Collected data entries:
··········
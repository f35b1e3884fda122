//! The limits on a mission database's counts.

ghost use Rattle.std.specs.Prelude.{◌≡◌, nat_lt, sum_by};
ghost use Rattle.mdb_items.specs.Database.{entry_count, limit_passed, row_count, calibrator_len};

use mdb_items::calibration::{Calibration, Calibrator};
use mdb_items::container::Container;
use mdb_items::fault::MdbLimit;
use mdb_items::parameter::Parameter;

pub fn calibrator_len(calibrator: &Calibrator) -> usize
    ensures { result ≡ calibrator_len calibrator.now }
{
    match calibrator {
        Calibrator::Poly(rows) => rows.len(),
        Calibrator::Points(rows) => rows.len(),
        Calibrator::Enum(rows) => rows.len(),
    }
}

/// The calibrations have more rows than so many.
fn rows_pass(calibrations: &[Calibration], most: usize) -> bool
    ensures { result ≡ nat_lt most (sum_by row_count calibrations.now) }
{
    let mut left = most;
    for calibration in calibrations {
        let count = calibrator_len(&calibration.calibrator);
        if left < count {
            return true;
        }
        left -= count;
    }
    false
}

/// The containers have more entries than so many.
fn entries_pass(containers: &[Container], most: usize) -> bool
    ensures { result ≡ nat_lt most (sum_by entry_count containers.now) }
{
    let mut left = most;
    for container in containers {
        let count = container.entries.len();
        if left < count {
            return true;
        }
        left -= count;
    }
    false
}

/// The first limit that is passed, in their order, and its number.
pub fn limit_passed(
    parameters: &[Parameter],
    calibrations: &[Calibration],
    containers: &[Container],
) -> Option<(MdbLimit, usize)>
    ensures { result ≡ limit_passed (record {
      parameters = parameters.now;
      calibrations = calibrations.now;
      containers
          = containers.now;
    }) }
{
    if calibrations.len() > 4096 {
        return Some((MdbLimit::Calibrations, 4096));
    }
    if rows_pass(calibrations, 65_536) {
        return Some((MdbLimit::CalibrationRows, 65_536));
    }
    if parameters.len() > 4096 {
        return Some((MdbLimit::Parameters, 4096));
    }
    if containers.len() > 4096 {
        return Some((MdbLimit::Containers, 4096));
    }
    if entries_pass(containers, 65_536) {
        return Some((MdbLimit::Entries, 65_536));
    }
    None
}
··········
(What you will do): Each of the records should be written out again, exactly as it reads.

(Final answer):
repository f35b1e3884fda122
//! The limits on a mission database's counts.

ghost use Rattle.std.specs.Prelude.{◌≡◌, nat_lt, sum_by};
ghost use Rattle.mdb_items.specs.Database.{entry_count, limit_passed, row_count, calibrator_len};

use mdb_items::calibration::{Calibration, Calibrator};
use mdb_items::container::Container;
use mdb_items::fault::MdbLimit;
use mdb_items::parameter::Parameter;

pub fn calibrator_len(calibrator: &Calibrator) -> usize
    ensures { result ≡ calibrator_len calibrator.now }
{
    match calibrator {
        Calibrator::Poly(rows) => rows.len(),
        Calibrator::Points(rows) => rows.len(),
        Calibrator::Enum(rows) => rows.len(),
    }
}

/// The calibrations have more rows than so many.
fn rows_pass(calibrations: &[Calibration], most: usize) -> bool
    ensures { result ≡ nat_lt most (sum_by row_count calibrations.now) }
{
    let mut left = most;
    for calibration in calibrations {
        let count = calibrator_len(&calibration.calibrator);
        if left < count {
            return true;
        }
        left -= count;
    }
    false
}

/// The containers have more entries than so many.
fn entries_pass(containers: &[Container], most: usize) -> bool
    ensures { result ≡ nat_lt most (sum_by entry_count containers.now) }
{
    let mut left = most;
    for container in containers {
        let count = container.entries.len();
        if left < count {
            return true;
        }
        left -= count;
    }
    false
}

/// The first limit that is passed, in their order, and its number.
pub fn limit_passed(
    parameters: &[Parameter],
    calibrations: &[Calibration],
    containers: &[Container],
) -> Option<(MdbLimit, usize)>
    ensures { result ≡ limit_passed (record {
      parameters = parameters.now;
      calibrations = calibrations.now;
      containers
          = containers.now;
    }) }
{
    if calibrations.len() > 4096 {
        return Some((MdbLimit::Calibrations, 4096));
    }
    if rows_pass(calibrations, 65_536) {
        return Some((MdbLimit::CalibrationRows, 65_536));
    }
    if parameters.len() > 4096 {
        return Some((MdbLimit::Parameters, 4096));
    }
    if containers.len() > 4096 {
        return Some((MdbLimit::Containers, 4096));
    }
    if entries_pass(containers, 65_536) {
        return Some((MdbLimit::Entries, 65_536));
    }
    None
}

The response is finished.